Fabrikadan kriz bahanesiyle çeşitli günlerde çıkartılan yaklaşık 40 arkadaşımız, paralarının bir bölümünü almak için İnsan Kaynakları Müdürlüğü tarafından söylenen günde fabrikaya geldiler. Ben 16-24 vardiyasına geldiğimde arkadaşlar kapıda bekliyorlardı. Daha düne kadar fabrikada çalışan Çelik-İş sendikası üyesi olan bu işçi arkadaşlar kapıdan dahi içeri sokulmamış, kaldırımda beklenmeleri söylenmiş. Saatler ilerledikçe de hâlâ gelen giden olmamıştı. Hava kararmaya başladığında artık soğuk da hissedilir derecede olmuştu. İçeride oturacakları yer vardı oysa. Üşüyen bu arkadaşlarımıza çay dahi verilmemiş, adeta zulüm edercesine davranılmıştı. Çalışan arkadaşlar saat 18’deki çay molasına çıktıklarında, arkadaşlarımızın bu durumda olduğunu gördüler. Geleceklerini bilmelerine rağmen hiçbir hazırlık yapmayan patron temsilcileri akşam 18:30 gibi ücretleri ödedi. Bizim fabrikamız Tuzla Mermerciler Sanayi Bölgesinde bulunuyor. Yani Gebze’den gelen bir işçi Şekerpınar’a kadar otostop çekmek zorunda kalacaktı. Oysa saat 18:15’te idari personeli alan bir servis vardı, fakat o da bekletilmemişti.

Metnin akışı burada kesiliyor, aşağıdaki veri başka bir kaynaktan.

// What is due for the run of a scenario with so many frames.
fn paged(alloc: Global, frames: u32, steps: u32, decls: &[Decl]) -> Result<DueText, NoMemory>
    requires fit { AllFit nothing_declared decls.now }
    requires machine { (machine : Machine) × (rest : List Decl) × (decls.now ≡ declaration.Machine machine ∷ rest) }
    requires frames { IsIn frames_range frames }
    ensures { IfOk result (λ d. (bs : List ℕ) → IsScenario bs decls.now → IsPageAnswer steps bs d.status d.kept d.text.items) }
{
    let run = run_in_memory(alloc, decls, frames, u64::from(steps))?;
    let PagedRun {
        journal,
        settled,
        report,
    } = run;
    Ok(DueText {
        status: RunStatus::Paged { settled },
        kept: Kept::Journal(journal),
        text: report,
    })
}

// What is due for the run with so many frames of a scenario whose bytes were read to their end.
fn due_for_page(alloc: Global, frames: u32, steps: u32, bytes: &[u8]) -> Result<DueText, NoText>
    requires { IsIn frames_range frames }
    ensures due { IfOk result (λ d. IsPageAnswer steps bytes.now d.status d.kept d.text.items) }
    ensures unfailed { OnFailed result ⊥ }
{
    match read(alloc, bytes) {
        Ok(scenario) => Ok(paged(alloc, frames, steps, scenario.decls())?),
        Err(ScenarioFault::Bad { line, rule }) => Ok(faulty(alloc, line, rule)?),
        Err(ScenarioFault::NoMemory) => Err(NoText::NoMemory),
    }
}

// What is due for the bytes of an input, read to their end.
fn due_for<R: Threads + Wait + Sync, G: Gate + Sync>(
    rt: &R,
    alloc: Global,
    options: &Options,
    bytes: &[u8],
    gate: &G,
) -> Result<DueText, NoText>
    requires processors { IsIn cpus_range options.now.cpus }
    requires frames { IsIn frames_range options.now.frames }
    ensures due { IfOk result (λ d. IsAnswer options.now bytes.now d.status d.kept d.text.items) }
    ensures unfailed { OnFailed result ⊥ }
{
    let seed = options.seed;
    match options.mode {
        Mode::Run => due_for_run(rt, alloc, Account::Report, options, bytes, gate),
        Mode::Journal => due_for_run(rt, alloc, Account::Journal, options, bytes, gate),
        Mode::Gen => due_for_run(rt, alloc, Account::Summary { seed }, options, bytes, gate),
        Mode::Check => due_for_check(alloc, options.steps, bytes),
        Mode::Page => due_for_page(alloc, options.frames, options.steps, bytes),
    }
}

// Reads the source to its end, and says what is due.
fn due_of<R: Threads + Wait + Sync, S: Source, G: Gate + Sync>(
    rt: &R,
    alloc: Global,
    options: &Options,
    source: &mut S,
    gate: &G,
) -> Result<DueText, NoText>
    requires processors { IsIn cpus_range options.now.cpus }
    requires reads { reads_source (Some options.now) ≡ true }
    requires frames { IsIn frames_range options.now.frames }
    ensures due { IfOk result (λ d. IsDueBy options.now (S.bytes_left source.old) (S.bytes_left source.new) d.status d.kept d.text.items) }
    ensures fault { OnFailed result (HasRisen (S.faults source.old) (S.faults source.new)) }
    ensures faultless { UnlessFailed result (S.faults source.new ≡ S.faults source.old) }
{
    match read_input(alloc, source)? {
        Input::Whole(bytes) => due_for(rt, alloc, options, &bytes, gate),
        Input::TooLong => Ok(line(alloc, RunStatus::TooLong, too_long_line())?),
    }
}
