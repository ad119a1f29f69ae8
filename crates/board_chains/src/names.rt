//! Lists of the names of one step.

ghost use Rattle.std.specs.Prelude.{◌≡◌, ◌<◌, false, length, slice_get, Some};
ghost use Rattle.board_chains.specs.Lists.{has as has_name, with_also, with_any};

use arrayvec::ArrayVec;
use cache_ident::Name;
use flat_state::MOST_WANTED;

/// Names of what a step needs.
pub type Chain = ArrayVec<Name, MOST_WANTED>;

// Adds a name, if it isn't there.
pub(crate) fn add(name: Name, names: &mut Chain)
    requires { has_name names.old.items name ≡ false → length names.old.items < MOST_WANTED }
    ensures { names.new.items ≡ with_also names.old.items name }
{
    if has(names, name) {
        return;
    }
    names.push(name);
}

// Adds a name, if there is one and it isn't there.
pub(crate) fn add_if_some(name: Option<Name>, names: &mut Chain)
    requires { length names.old.items < MOST_WANTED }
    ensures { names.new.items ≡ with_any names.old.items name }
{
    if let Some(name) = name {
        add(name, names);
    }
}

fn has(names: &[Name], name: Name) -> bool
    ensures { result ≡ has_name names.now name }
{
    names.contains(&name)
}

// The name at a place.
pub(crate) fn name_at(names: &[Name], at: usize) -> Name
    requires { at < length names.now }
    ensures { slice_get names.now at ≡ Some result }
{
    names[at]
}
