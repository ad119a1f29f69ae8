//! Operations on a board, one after another.

ghost use Rattle.std.specs.Prelude.{◌≡◌, ◌++◌, false, List, OnErr, OnOk};
ghost use Rattle.board_core.specs.board_ops.specs.declared.answers.Answer.{Answer};
ghost use Rattle.cache_board.specs.Desks.{AreOfTickets};
ghost use Rattle.cache_board.specs.Drive.{processor_of, is_beyond as is_beyond_def, AreAnswered, IsAnswered, IsDone};

use crate::answers::{did, loaded, made};
use crate::board::Board;
use crate::desk::{Desk, PROCESSORS};
use board_commits::{Answer, Op};
use cache_ident::NoMemory;

/// Does each operation on the board that the ones before it left, and adds its answer. Room for the answers is made first;
/// where there is none nothing is done.
///
/// The views of each processor that has a ticket on the desk are of that ticket on this board, and what carries a place in any
/// quantum there is of this board's journal; on a new desk they are, and they stay so.
pub fn drive(
    board: &mut Board,
    desk: &mut Desk,
    ops: &[Op],
    answers: &mut Vec<Answer>,
) -> Result<(), NoMemory>
    requires views { AreOfTickets board.old.journal.entries desk.old }
    ensures answered { OnOk result ((given : List Answer) × (answers.new.items ≡ answers.old.items ++ given) × AreAnswered ops.now board.old desk.old given board.new desk.new) }
    ensures views { AreOfTickets board.new.journal.entries desk.new }
    ensures refused { OnErr result ((board.new ≡ board.old) × (desk.new ≡ desk.old) × (answers.new.items ≡ answers.old.items)) }
{
    answers.reserve(ops.len())?;
    for op in ops {
        let answer = answer_to(board, desk, op);
        // There is room for it.
        let _ = answers.push(answer);
    }
    Ok(())
}

// Does an operation, where its processor is one.
fn answer_to(board: &mut Board, desk: &mut Desk, op: &Op) -> Answer
    requires views { AreOfTickets board.old.journal.entries desk.old }
    ensures answered { IsAnswered op.now board.old desk.old result board.new desk.new }
    ensures views { AreOfTickets board.new.journal.entries desk.new }
{
    if is_beyond(op) {
        board.holds();
        return Answer::NoCpu;
    }
    let answer = perform(board, desk, op);
    board.holds();
    answer
}

// Whether an operation names a processor that there isn't.
fn is_beyond(op: &Op) -> bool
    ensures { result ≡ is_beyond_def (processor_of op.now) }
{
    match cpu_of(op) {
        Some(cpu) => cpu >= PROCESSORS,
        None => false,
    }
}

// The processor that an operation names.
fn cpu_of(op: &Op) -> Option<u32>
    ensures { result ≡ processor_of op.now }
{
    match *op {
        Op::Declare { .. } | Op::Seal | Op::Reserve { .. } => None,
        Op::LoadKernel { cpu, .. }
        | Op::LoadSpace { cpu, .. }
        | Op::LoadThread { cpu, .. }
        | Op::LoadMapping { cpu, .. }
        | Op::Unload { cpu, .. }
        | Op::Lock { cpu, .. }
        | Op::Unlock { cpu, .. }
        | Op::Checkout { cpu }
        | Op::View { cpu, .. }
        | Op::RunAhead { cpu, .. }
        | Op::Commit { cpu }
        | Op::Leave { cpu }
        | Op::Complete { cpu, .. }
        | Op::ConfirmFault { cpu, .. }
        | Op::HealStep { cpu, .. } => Some(cpu),
    }
}

// Does an operation that names no processor that there isn't.
fn perform(board: &mut Board, desk: &mut Desk, op: &Op) -> Answer
    requires within { is_beyond_def (processor_of op.now) ≡ false }
    requires views { AreOfTickets board.old.journal.entries desk.old }
    ensures { IsDone op.now board.old desk.old result board.new desk.new }
{
    match *op {
        Op::Declare { decl } => did(board.declare(&decl)),
        Op::Seal => loaded(board.seal()),
        Op::LoadKernel {
            cpu,
            caller,
            kernel,
        } => loaded(board.load_kernel(cpu, caller, kernel)),
        Op::LoadSpace { cpu, caller, space } => loaded(board.load_space(cpu, caller, space)),
        Op::LoadThread {
            cpu,
            caller,
            parent,
            thread,
        } => loaded(board.load_thread(cpu, caller, parent, thread)),
        Op::LoadMapping {
            cpu,
            caller,
            parent,
            vpn,
            receiver,
        } => loaded(board.load_mapping(cpu, caller, parent, vpn, receiver)),
        Op::Unload { cpu, caller, ident } => did(board.unload(cpu, caller, ident)),
        Op::Lock { cpu, caller, ident } => did(board.lock(cpu, caller, ident)),
        Op::Unlock { cpu, caller, ident } => did(board.unlock(cpu, caller, ident)),
        Op::Checkout { cpu } => desk.check_out(board, cpu),
        Op::View { cpu, vpn } => desk.view(board, cpu, vpn),
        Op::RunAhead { cpu, limit } => desk.run_ahead(cpu, limit),
        Op::Commit { cpu } => desk.commit(board, cpu),
        Op::Leave { cpu } => desk.leave(board, cpu),
        Op::Complete {
            cpu,
            caller,
            thread,
        } => did(board.complete(cpu, caller, thread)),
        Op::ConfirmFault {
            cpu,
            caller,
            thread,
        } => did(board.confirm_fault(cpu, caller, thread)),
        Op::HealStep { cpu, thread } => did(board.heal_step(cpu, thread)),
        Op::Reserve { n } => made(board.reserve(n)),
    }
}
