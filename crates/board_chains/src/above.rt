//! All that names depend on, over any number of steps.

ghost use Rattle.std.specs.Prelude.{◌≡◌, ◌<◌, ◌⊎◌, ℕ, length, Contains};
ghost use Rattle.cache_ident.specs.declared.names.Name.{Name};
ghost use Rattle.flat_state.specs.Dependence.{Depends};
ghost use Rattle.cached_machine.specs.Cached.{state_of};
ghost use Rattle.board_chains.specs.Chains.{chain_at, HasParents, HoldsAllParents, IsPart, IsPartOfSome, StartsWith};

use crate::names::{Chain, add, name_at};
use cache_ident::Name;
use cached_machine::CachedMachine;
use flat_rules::{Records, parents};

// Adds all that the names depend on, which are of the chain of one thread's step.
pub(crate) fn add_all_above(machine: &CachedMachine, names: &mut Chain)
    requires { IsPartOfSome (state_of machine.now) names.old.items }
    ensures part { (n : ℕ) → IsPart (state_of machine.now) n names.old.items → IsPart (state_of machine.now) n names.new.items }
    ensures starts { StartsWith names.old.items names.new.items }
    ensures closed { HoldsAllParents (state_of machine.now) names.new.items }
{
    machine.holds();
    let mut at = 0;
    while at < names.len() {
        let name = name_at(names.as_slice(), at);
        add_parents(machine, name, names);
        at += 1;
    }
}

// Adds what one of the names depends on.
fn add_parents(machine: &CachedMachine, name: Name, names: &mut Chain)
    requires part { IsPartOfSome (state_of machine.now) names.old.items }
    requires its { Contains names.old.items name }
    ensures part { (n : ℕ) → IsPart (state_of machine.now) n names.old.items → IsPart (state_of machine.now) n names.new.items }
    ensures starts { StartsWith names.old.items names.new.items }
    ensures has { HasParents (state_of machine.now) names.new.items name }
{
    machine.holds();
    let found = parents(machine, name);
    let above = found.as_slice();
    for parent in above {
        add(*parent, names);
    }
}
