//! What the checker says of what the program writes.

ghost use Rattle.std.specs.Prelude.{◌≡◌, List, ℕ, Option, Some};
ghost use Rattle.flat_state.specs.declared.events.Decl.{Decl};
ghost use Rattle.flat_state.specs.declared.records.Settled.{Settled};
ghost use Rattle.flat_state.specs.Events.{flat};
ghost use Rattle.flat_state.specs.Settling.{settled_of};
ghost use Rattle.run_journal.specs.Entries.{erase, steps_in};
ghost use Rattle.board_opening.specs.board_core.specs.Core.{Recorded};
ghost use Rattle.check_mode.specs.Answers.{HasLegalJournal};
ghost use Rattle.run_words.specs.declared.options.Options.{Options};
ghost use Rattle.proc_run.specs.declared.outcome.Kept.{Kept};
ghost use Rattle.proc_run.specs.declared.outcome.RunStatus.{RunStatus};
ghost use Rattle.proc_run.specs.Outcomes.{IsDue, IsLegalAt};
ghost use Rattle.proc_run.specs.Printed.{printed_run, AskForCheck, IsReturned, IsShortEnough};

/// The checker accepts what the program writes: the journal of a run that `run_machine` returned, printed behind its printed scenario,
/// is found legal in mode check, and its run is settled there as it was, at the same limit of steps, where both texts together are no
/// longer than an input may be. As with every input, memory may run out, and the source or the sink fail.
pub fn what_a_run_writes_is_found_legal()
    ensures legal { (words : List (List ℕ)) (o : Options) (ds : List Decl) (how : Settled) (b : Recorded) → IsReturned words o ds how b
        → HasLegalJournal (printed_run ds b.journal.entries) ds b.journal.entries }
    ensures settled { (words : List (List ℕ)) (o : Options) (ds : List Decl) (how : Settled) (b : Recorded) → IsReturned words o ds how b
        → settled_of (flat (erase b.journal.entries)) (steps_in b.journal.entries) o.steps ≡ how }
    ensures accepted { (words again : List (List ℕ)) (o : Options) (ds : List Decl) (how : Settled) (b : Recorded) → IsReturned words o ds how b
        → AskForCheck again o.steps → IsShortEnough ds b.journal.entries
        → (left : Option (List ℕ)) (status : RunStatus) (k : Kept) (text : List ℕ) → IsDue again (Some (printed_run ds b.journal.entries)) left status k text → IsLegalAt how status }
{}
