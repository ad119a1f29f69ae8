//! The chain of a thread's next step.

ghost use Rattle.std.specs.Prelude.{◌≡◌, ℕ, ◌≤◌, Some, Contains, filter, length, take};
ghost use Rattle.cache_ident.specs.declared.idents.Kind.{Kind};
ghost use Rattle.cache_ident.specs.declared.names.Name.{Name};
ghost use Rattle.flat_state.specs.rv32_exec.specs.declared.statuses.Status.TheVariants.{Ready};
ghost use Rattle.flat_state.specs.Dependence.{Depends, parents as parents_def};
ghost use Rattle.flat_state.specs.NextSteps.{next_step as next_step_def};
ghost use Rattle.flat_rules.specs.Readings.{OfThread};
ghost use Rattle.cached_machine.specs.Cached.{state_of};
ghost use Rattle.board_chains.specs.Chains.{rows_in_order as rows_in_order_def, AreParentsFirst, IsChainInOrder, IsFewByKind, MayBeChained};
ghost use Rattle.board_chains.specs.Lists.{AreAllOnce};
ghost use Rattle.board_chains.specs.Ranks.{is_row as is_row_def};

use crate::above::add_all_above;
use crate::names::{Chain, add_if_some};
use crate::ranks::{is_row, numbered_among};
use cache_ident::{Name, ThreadNo};
use cached_machine::CachedMachine;
use flat_rules::{Records, parents};
use flat_state::NextStep;

/// The chain of a ready thread's next step, of which `next` is known, in the order of loading: kernels, spaces and threads,
/// each by their numbers; the signal rows that the row of the data depends on, in declared order; the row of the fetch; and
/// the row of the data. So each stands behind all that it depends on. It takes a look at each.
pub fn chain_of(machine: &CachedMachine, no: ThreadNo, next: &NextStep) -> Chain
    requires next { next_step_def (state_of machine.now) no.0 ≡ Some next.now }
    requires ready { OfThread (state_of machine.now) no.0 (λ t. t.status ≡ Ready) }
    ensures order { IsChainInOrder (state_of machine.now) no.0 next.now result.items }
    ensures once { AreAllOnce result.items }
    ensures few { IsFewByKind result.items }
    ensures parents { AreParentsFirst (state_of machine.now) result.items }
    ensures good { (name : Name) → Contains result.items name → MayBeChained (state_of machine.now) name }
{
    machine.holds();
    let mut all = rows_in_order(machine, next);
    let count = all.len();
    all.push(Name::Thread(no));
    add_all_above(machine, &mut all);
    let mut chain = numbered_among(&all);
    let rows = &all.as_slice()[..count];
    for row in rows {
        chain.push(*row);
    }
    chain
}

// The rows of a step in the order of loading.
fn rows_in_order(machine: &CachedMachine, next: &NextStep) -> Chain
    ensures rows { result.items ≡ rows_in_order_def (state_of machine.now) next.now.fetch_row next.now.data_row }
    ensures few { length result.items ≤ 8 }
{
    let mut rows = match next.data_row {
        Some(data) => row_parents(machine, data),
        None => Chain::new(),
    };
    add_if_some(next.fetch_row, &mut rows);
    add_if_some(next.data_row, &mut rows);
    rows
}

// The rows that a descriptor depends on: the signal rows of a message row's frame.
fn row_parents(machine: &CachedMachine, name: Name) -> Chain
    ensures rows { result.items ≡ filter is_row_def (parents_def (state_of machine.now) name) }
    ensures few { length result.items ≤ 6 }
{
    let mut rows = Chain::new();
    let found = parents(machine, name);
    let above = found.as_slice();
    for parent in above {
        if is_row(*parent) {
            rows.push(*parent);
        }
    }
    rows
}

Bizler bu yaşanan insanlık dışı olayı çay ve yemek molasında işçi arkadaşlarımıza anlatıp onları da bu olayın içine kattık. Yeni seçilen temsilcilerimize de rahatsızlıklarımızı iletip sendikanın buna karşı bir yaptırımda bulunmasını istedik.
Sabahın beşinde, altısında yola çıkıp geberinceye kadar çalışan biz işçiler için bu kader olamaz. Bizler bu dünyayı yeniden ve yeniden yaratırken, bizim sırtımızdan geçinen asalaklar bu dünyanın zevk-ü sefasını sürmekteler. İşten çıkartılsak bile hakkımız olan parayı alabilmek için eziyet çekmekteyiz. Patronların çocuklarına harçlık niyetiyle vermeyi bile düşünemeyecekleri komik ücretler biz işçilerin bir aylık geçimi demek oluyor. Bize biçilen yaşam, bize biçilen kader asla bu olamaz. Her şeyi üreten işçilerin her şeyden eşit bir şekilde yararlanması ve insanca bir yaşam sürmesi gerekiyor. Bunun yolu da yaşadığımız sömürü sistemini yıkıp, yerine sınıfsız ve sömürüsüz bir dünyayı kurmaktan geçmektedir.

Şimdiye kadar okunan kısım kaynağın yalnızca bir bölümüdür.